Top Ten Tax Deductions for Owners

مرسلة بواسطة Unknown في 10:21 ص
By Marco Santarelli


No landlord would pay more than necessary for utilities or other operating costs for a rental property. Yet millions of owners pay more taxes on their rental income than they have to. Why?

Rental real-estate provides more tax benefits than almost any other investment.

Each year, millions of landlords pay more taxes on their rental earnings than they should. Why? Because they fail to take advantage of all the tax repayments available for owners of rental property. Cash-flow real estate provides more tax benefits than just about any other investment.

Frequently these benefits make the biggest difference between losing money and earning a reasonable profit on a rental property. Here are the top ten tax rebates for owners of residential rental property:

1. Interest

Interest is sometimes a landlord's single largest deductible cost. Common instances of interest that landlords can deduct include mortgage interest payments on loans used to get or improve rental property and interest on cards for services or products employed in a rental activity.

2. Depreciation

The actual cost of a home, loft building, or other rental property isn't completely deductible in the year in which you pay for it. As an alternative landlords get back the price of real estate through depreciation. This implies deducting some of the cost of the property over one or two years.

3. Repairs

The cost of repairs to investment property (provided the repairs are standard, obligatory, and reasonable in amount) are completely deductible in the year in which they're incurred. Excellent examples of deductible repairs include repainting, fixing gutters or floors, fixing leaks, plastering, and replacing damaged windows.

4. Local Travel

Owners have entitlement to a tax deduction whenever they drive anywhere for their rental activity. For example, when you drive to your rental building to handle a renter complaint or go to the appliance store to get a part for a repair you can deduct your travel costs.

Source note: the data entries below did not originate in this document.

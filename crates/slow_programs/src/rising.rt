//! The plain insert into a list of comments in rising order.
ghost use Rattle.std.specs.Prelude.{◌≡◌, ◌≤◌, ◌++◌, ◌∷◌, length, take, drop, OnOk, MatchOption};
ghost use Rattle.op_model.specs.Spans.{with_number};

use op_model::CommentId;
use std::alloc::AllocError;

/// Puts a comment into a rising list, if it isn't there. An error is out of memory (1). Linear.
pub(crate) fn insert_rising(ids: &mut Vec<CommentId>, id: CommentId) -> Result<(), AllocError>
    ensures { OnOk result (ids.new.items ≡ with_number id ids.old.items) }
{
    if let Some(at) = place(ids, id) {
        ids.insert(at, id)?;
    }
    Ok(())
}

/// Where a comment goes in a rising list, or `None` where it is there.
fn place(ids: &[CommentId], id: CommentId) -> Option<usize>
    ensures { MatchOption result (with_number id ids.now ≡ ids.now) (λ at. (at ≤ length ids.now)
        × (with_number id ids.now ≡ take at ids.now ++ id ∷ drop at ids.now)) }
{
    for (i, other) in ids.iter().enumerate() {
        if id < *other {
            return Some(i);
        }
        if id == *other {
            return None;
        }
    }
    Some(ids.len())
}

If you drive a car, SUV, wagon, pickup, or panel lorry for your rental activity (as most landlords do), you have 2 options for subtracting your vehicle expenses. You can:

- take your exact costs (petrol, upkeep, repairs), or
- use the standard mileage rate (56.5 cents per mile for 2013). To qualify for the standard mileage rate, you need to use the standard mileage technique the first year you use a automobile for your business activity. Furthermore, you can?t use the standard mileage rate if you have claimed speeded up depreciation deductions in prior years, or have taken a Section 179 deduction for the auto.

5. Long Haul Travel

If you travel overnite for your rental activity, you can take your airline fare, hotel bills, meals, and other expenses. If you arrange your trip thoroughly, you may also mix landlord business with pleasure and still take a deduction.

Nonetheless IRS auditors closely size up kickbacks for overnite travel? And many taxpayers get caught saying these deductions without correct records to back them up. To remain in the law (and avoid unwished-for attention from the IRS), you need to correctly document your long haul travel expenses.

6. Home Based Office

Provided they meet certain nominal requirements, owners may subtract their home office costs from their taxable earnings. This deduction applies not only to space devoted to office work, but also to a workshop or any other home workspace you use for your rental business. This is true whether you own your house or apartment or are a renter.

7. Staff and Independent Contractors

Whenever you hire anybody to perform services for your rental activity, you can take their salary as a rental business expense. This is so whether the employee is a worker (as an example, a resident chief) or an independent contractor (as an example, a mend person).

8. Casualty and Burglary Losses

If your rental property is damaged or destroyed from a unexpected event like a fire or flood, you may just be able to obtain a tax reduction for any part of your loss. These types of losses are called casualty losses. You usually won't be in a position to take the whole value of property damaged or destroyed by a casualty. How much you can subtract relies upon how much of your property was demolished and whether the loss was covered by insurance.

9. Insurance

You can take the premiums you pay for almost any insurance for your rental activity. This includes fire, theft, and flood insurance for rental property, as well as owner responsibility insurance. And if you have workers, you can take the cost of their health and employees? Compensation insurance.

10. Legal and Pro Services

Eventually,. You can subtract fees that you pay to lawyers, accountants, property management firms, real-estate investment counsels, and other execs. You can deduct these costs as operating costs as long as the costs are paid for work related to your rental activity.

Did You Know?

Do you know that:

- Landlords can greatly increase the depreciation deductions they receive the initial few years they own rental property by utilizing segmented depreciation.
- Considered planning can allow you to take, in a single year, the price of improvements to rental property that you would instead have to subtract over 27.5 years.
- You can hire out a vacation home tax-free, in a few cases.
- Most small landlords can take up to $25,000 in rental property losses annually.
- A special tax rule permits some owners to take 100% of their rental property losses each year, regardless of how much.
- Folk who hire property to their family or friends can lose nearly all of their tax deductions.

If you didn't know any one of these facts, you could be paying far more tax than you need to. As usual, be absolutely sure to check with your tax confidant or tax pro.

[Author's note: View our new Better Business Bureau review.]